With a memory hierarchy, Agent now becomes an Operating System (OS) that manages memory operations that were traditionally done by heuristics algorithms. This also resembles how human memory works (not to say humans memory is efficient and accurate, in fact it’s neither). Imagine the agent needs to operate the following:

List: a list of recent events stored in an array that can be traversed in order for revisit.
Key-value pairs: just like typical databases
File-tree: agent will use the file name index to store/fetch information blocks, it’ll also update the tree structure on its own.
Text DB: support keyword search
Vector DB: support similarity search

As you can see, an agent needs to be quite familiar with the pros/cons of these databases to operate on its own. Unfortunately there is not enough research into how agent can learn & improve operating these databases. I do think the future is bright, with a plethora of database types agent can have memory that’s much more efficient than human.

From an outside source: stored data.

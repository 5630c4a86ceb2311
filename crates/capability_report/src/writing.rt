//! A capability that is written as it is found.
ghost use Rattle.std.specs.Prelude.{◌≡◌, ℕ, List, ◌<◌, IfOk, string_bytes};
ghost use Rattle.plant_model.specs.Versions.{IsDemand};
ghost use Rattle.plant_model.specs.declared.limits.TheConstants.{WIND_ROWS};
ghost use Rattle.dp_io.specs.Shown.{writing};
ghost use Rattle.dp_words.specs.Writing.{EndsText};
ghost use Rattle.capability_report.specs.Found.{WritesFound, WritesLimit, WritesLimits, WritesMargins};

use crate::lines::{limit_lines, margin_lines};
use crate::margins::margins_of;
use capability::wind_limit;
use dp_io::Sink;
use dp_words::{RunStatus, send_lines};
use no_memory::NoMemory;
use plant_model::limits::WIND_ROWS;
use plant_model::plant::Plant;
use plant_model::wrench::Wrench;
use std::alloc::Global;

/// From one angle to the next, in centidegrees.
const ANGLE_STEP: u32 = 1_000;

/// Writes a text that was made, or else says that memory ran out. The error is `WriteFault` or `NoMemory`.
fn send_text<O: Sink>(text: Result<String, NoMemory>, out: &mut O) -> Result<(), RunStatus>
    ensures { (whole : List ℕ) → IfOk text (λ made. string_bytes made ≡ whole)
        → EndsText result (writing O.Sink out.old out.new) whole }
{
    let text = text?;
    send_lines(out, text.as_bytes())?;
    Ok(())
}

/// Writes how much of the demand the losses leave. The error is `WriteFault` or `NoMemory`.
fn write_margins<O: Sink>(
    alloc: Global,
    plant: &Plant,
    demand: Wrench,
    out: &mut O,
) -> Result<(), RunStatus>
    requires { IsDemand demand }
    ensures { WritesMargins plant.now demand result (writing O.Sink out.old out.new) }
{
    let margins = margins_of(plant, demand);
    send_text(margin_lines(alloc, plant, demand, &margins), out)
}

/// Writes how much wind from an angle of so many tens of degrees the plant holds. True where it holds none, as some
/// loss leaves too little for the demand alone. The error is `WriteFault` or `NoMemory`.
fn write_limit<O: Sink>(
    alloc: Global,
    plant: &Plant,
    demand: Wrench,
    tens: u32,
    out: &mut O,
) -> Result<bool, RunStatus>
    requires demand { IsDemand demand }
    requires tens { tens < WIND_ROWS }
    ensures { WritesLimit plant.now demand tens result (writing O.Sink out.old out.new) }
{
    let angle = tens * ANGLE_STEP;
    let limit = wind_limit(plant, plant.opening(), demand, angle);
    send_text(limit_lines(alloc, plant, angle, &limit), out)?;
    Ok(limit.speed.is_none())
}

/// Writes how much wind the plant holds, angle by angle. True where some loss leaves too little for the demand alone.
/// The error is `WriteFault` or `NoMemory`.
fn write_limits<O: Sink>(
    alloc: Global,
    plant: &Plant,
    demand: Wrench,
    out: &mut O,
) -> Result<bool, RunStatus>
    requires { IsDemand demand }
    ensures { WritesLimits plant.now demand result (writing O.Sink out.old out.new) }
{
    let mut lost = false;
    for tens in 0..WIND_ROWS as u32 {
        lost = write_limit(alloc, plant, demand, tens, out)?;
    }
    Ok(lost)
}

/// Writes the capability of the plant, as it opens, for the demand, which is within its limits. True where some loss
/// leaves too little for the demand alone. The error is `WriteFault` or `NoMemory`.
pub(crate) fn write_capability<O: Sink>(
    alloc: Global,
    plant: &Plant,
    demand: Wrench,
    out: &mut O,
) -> Result<bool, RunStatus>
    requires { IsDemand demand }
    ensures { WritesFound plant.now demand result (writing O.Sink out.old out.new) }
{
    write_margins(alloc, plant, demand, out)?;
    let lost = write_limits(alloc, plant, demand, out)?;
    send_lines(out, b"END\n")?;
    Ok(lost)
}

Self-Reflection is not Self-Awareness

In Ilia’s talk in 2024 NeuralIPS, there’s mention of “super intelligent” AI with self-awareness. But we are not interested in super intelligence AGI, my own conviction is that: agent CAN work, achieving agent does not require AGI or super intelligence. We just need to have LLMs learn general and specific problem solving skills to handle complex automations. The innovation is more on dev efficiency (reflecting on the “software complexity” curse in chapter 1), that agent can achieve automations that are normally exponentially harder to build by traditional softwares. In return, we get great productivity wins, not just reducing software engineer years, but enabled some completely unknown scenarios, such as:

No more oncalls, infra system can self-heal, self remediate, and self-recover
Building and maintaining websites with AI Engineers
Building robots with AI Engineers
Completely automate medical diagnosis and operations

These, to me, are the true future of agents, and will already bring so much value to the society even before AGI arrives.